Using near duplicate analysis in review

Relativity can identify textually similar documents to assist in and speed up the review process. Near duplicate analysis is best suited for grouping documents which can then be batched for review based on the similarity, or used to create new document sets for further analysis. The goal is for reviewers to have the ability to see similar documents at the same time based on their textual similarity.

Near duplicate analysis overview

Textual near duplicate identification sorts documents by the word count of the field being analyzed, then checks them for similarity to one another. It groups similar documents together and labels the group member with the most words as the principal document. For more details, see Textual near duplicate identification.
When you set up a textual near duplicate identification job, you choose a Minimum Similarity Percentage. This percentage determines how similar a document must be to a principal document to be placed into that principal's group.
After running the analysis, system admins can view the Textual Near Duplicates Summary on the set’s Structured Analytics console. This summary shows how many textual near duplicate groups have been identified, the average percentage of similarity, and number of documents per group.

Creating a textual near duplicates view

System admins should create a Textual Near Duplicates (TND) view for the review team. This view will contain only documents that appear in TND groups, not documents which were submitted to the engine but found to be non-matches.

In the Near Duplicate Identification view, add the following output fields (assuming the Structured Analytics Set was run with a prefix of “S1” and the S1::Textual Near Duplicate Group was mapped to a relational field called “Textual Near Duplicate Group”):
- S1::Textual Near Duplicate Principal - identifies the principal document with a "Yes" value. The principal is the document in the duplicate group with the most words. It acts as an anchor document to which all other documents in the near duplicate group are compared.
- S1::Textual Near Duplicate Similarity - the percent value of similarity between the near duplicate document and its principal document. If “ignore numbers” is set to “true”, this percentage considers only tokens (i.e. words) beginning with letters. Punctuation and whitespace are ignored, but word order is considered.
- Textual Near Duplicate Group - the identifier for a given group of textual near duplicate documents. This is a relational field which provides relational capabilities. However, you can map S1::Textual Near Duplicate Group to any relational field when you set up the Structured Analytics Set.
Add a condition to only show documents where the Textual Near Duplicate Group field is set.
(Click to expand)
Set the following sort orders on the Near Duplicate Identification view to list the textual near duplicate principals with the highest percentage of textual near duplicate similarity at the top:
- Textual Near Duplicate Group - Ascending
- S1::Textual Near Duplicate Principal - Descending
- S1::Textual Near Duplicate Similarity - Descending
(Click to expand)
On the Other tab, set the Group Definition to Textual Near Duplicate Group. This ensures that bold blue bars will appear between each group.

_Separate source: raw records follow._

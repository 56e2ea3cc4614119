//! The arguments that words give a function.
ghost use Rattle.std.specs.Prelude.{◌≡◌, IfOk, OnOk};
ghost use Rattle.std.specs.Option.{option_map};
ghost use Rattle.c_widths.specs.DataModel.{IsModel, model_of};
ghost use Rattle.c_types.specs.Setting.{structs};
ghost use Rattle.cli_tool.specs.CallArguments as spec;

use c_exec::{Arg, Object, Pointer};
use c_mean::Field;
use c_types::TypedUnit;
use cg_out::{List, Memory};
use command_words::Word;
use exec_words::{Argument, argument_of};
use std::alloc::Global;
use std::marker::Model;

/// Arguments, and the objects that they bring.
#[derive(Drop)]
pub struct Given {
    pub args: List<Arg>,
    pub objects: Vec<Object>,
}

impl Model for Given {
    ghost use Rattle.cli_tool.specs.CallArguments.{Given as Arguments};

    ghost Value = { Arguments };

    ghost view = { λ g. record { args = g.args; objects = g.objects.items } };
}

impl Given {
    /// Adds an argument behind the others.
    fn push(&mut self, argument: Argument) -> Result<(), Memory>
        ensures { OnOk result (self.new ≡ spec.with_argument self.old argument) }
    {
        match argument {
            Argument::Number(number) => self.args.push(Arg::Integer(number)),
            Argument::Null => self.args.push(Arg::Pointer(Pointer::Null)),
            Argument::Stray => self.args.push(Arg::Pointer(Pointer::Stray)),
            Argument::Object(object) => self.push_object(object),
        }
    }

    /// Adds a pointer to an object, and the object.
    fn push_object(&mut self, object: Object) -> Result<(), Memory>
        ensures { OnOk result (self.new ≡ spec.with_object self.old object) }
    {
        // More objects than this take more memory than there is.
        let Ok(index) = u32::try_from(self.objects.len()) else {
            return Err(Memory);
        };
        self.args.push(Arg::Pointer(Pointer::At(index)))?;
        self.objects.push(object)?;
        Ok(())
    }
}

/// The arguments that words give parameters, or none where they do not match.
pub fn arguments<const INT: u32, const LONG: u32, const PTR: u32>(
    alloc: Global,
    words: &[Word],
    params: &[Field],
    typed: &TypedUnit<'_, INT, LONG, PTR>,
) -> Result<Option<Given>, Memory>
    requires { IsModel INT LONG PTR }
    ensures { IfOk result (λ o. o ≡ spec.arguments_of (model_of INT LONG PTR) (structs typed.now.items) params.now words.now) }
{
    let given = Given {
        args: List::new(alloc),
        objects: Vec::new(alloc),
    };
    with_arguments(params, words, given, alloc, typed)
}

/// The same behind others.
fn with_arguments<const INT: u32, const LONG: u32, const PTR: u32>(
    params: &[Field],
    words: &[Word],
    mut given: Given,
    alloc: Global,
    typed: &TypedUnit<'_, INT, LONG, PTR>,
) -> Result<Option<Given>, Memory>
    requires { IsModel INT LONG PTR }
    ensures { IfOk result (λ o. o ≡ spec.with_arguments (model_of INT LONG PTR) (structs typed.now.items) params.now words.now given) }
{
    match params {
        [] => match words {
            [] => Ok(Some(given)),
            [_, ..] => Ok(None),
        },
        [param, params @ ..] => match words {
            [] => Ok(None),
            [word, words @ ..] => match argument_of(alloc, word.bytes(), &param.kind, typed)? {
                Some(argument) => {
                    given.push(argument)?;
                    with_arguments(params, words, given, alloc, typed)
                }
                None => Ok(None),
            },
        },
    }
}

Using the TND view in review

You can use the grouping and similarity values in the TND view to speed up the review process. The Relativity Compare function can compare two documents to assess their similarities and differences.

Reviewers will be able to view documents that are extremely similar but not identical to each other. For example, the case team may need to ensure a series of very similar reports are coded the same way. Another possible use is to help locate additional privileged documents that might have been missed during first pass review. In situations like these, it is common to use a view that displays textual near duplicates. Note that exact word order is analyzed during this analysis, though punctuation and whitespace are not.

Example

Consider the following example. The first document, BF000001, is the group’s principal, as indicated by the “Yes” value in the S1::Textual Near Duplicate Principal field. It has a score of 100 (as do all principals). Not all documents with a score of 100 are necessarily principals, however. The next three documents are part of BF000001’s relational group. The second document (JA060020) is identical to the principal. We know this because it is 100% similar, as shown in the S1::Textual Near Duplicate Similarity field. The last two documents (TJ000006 and JM00002) are very closely similar to the principal but are not exact duplicates; their scores indicate they are each 97% similar to the principal.

Workflow considerations

Textual near duplicate groups have a relational field that can be used to code several documents at once. Documents contained in the near duplicate group are textually similar, but similarity is usually not enough to treat near-duplicates as identical documents for the purposes of review. As such:

It is not recommended to propagate coding on near duplicates, unless other analysis or evidence points to their similarity to justify such a step.
It is not recommended to delete or otherwise shelve near duplicates. However, focusing just on the principal document of each group can make sense in certain early-stage workflows, such as clustering to understand conceptuality of a data set, training an Active Learning classifier, or other types of investigative work. We do advise that you proceed with caution, and ensure that you are not misrepresenting your data when you conduct such a workflow.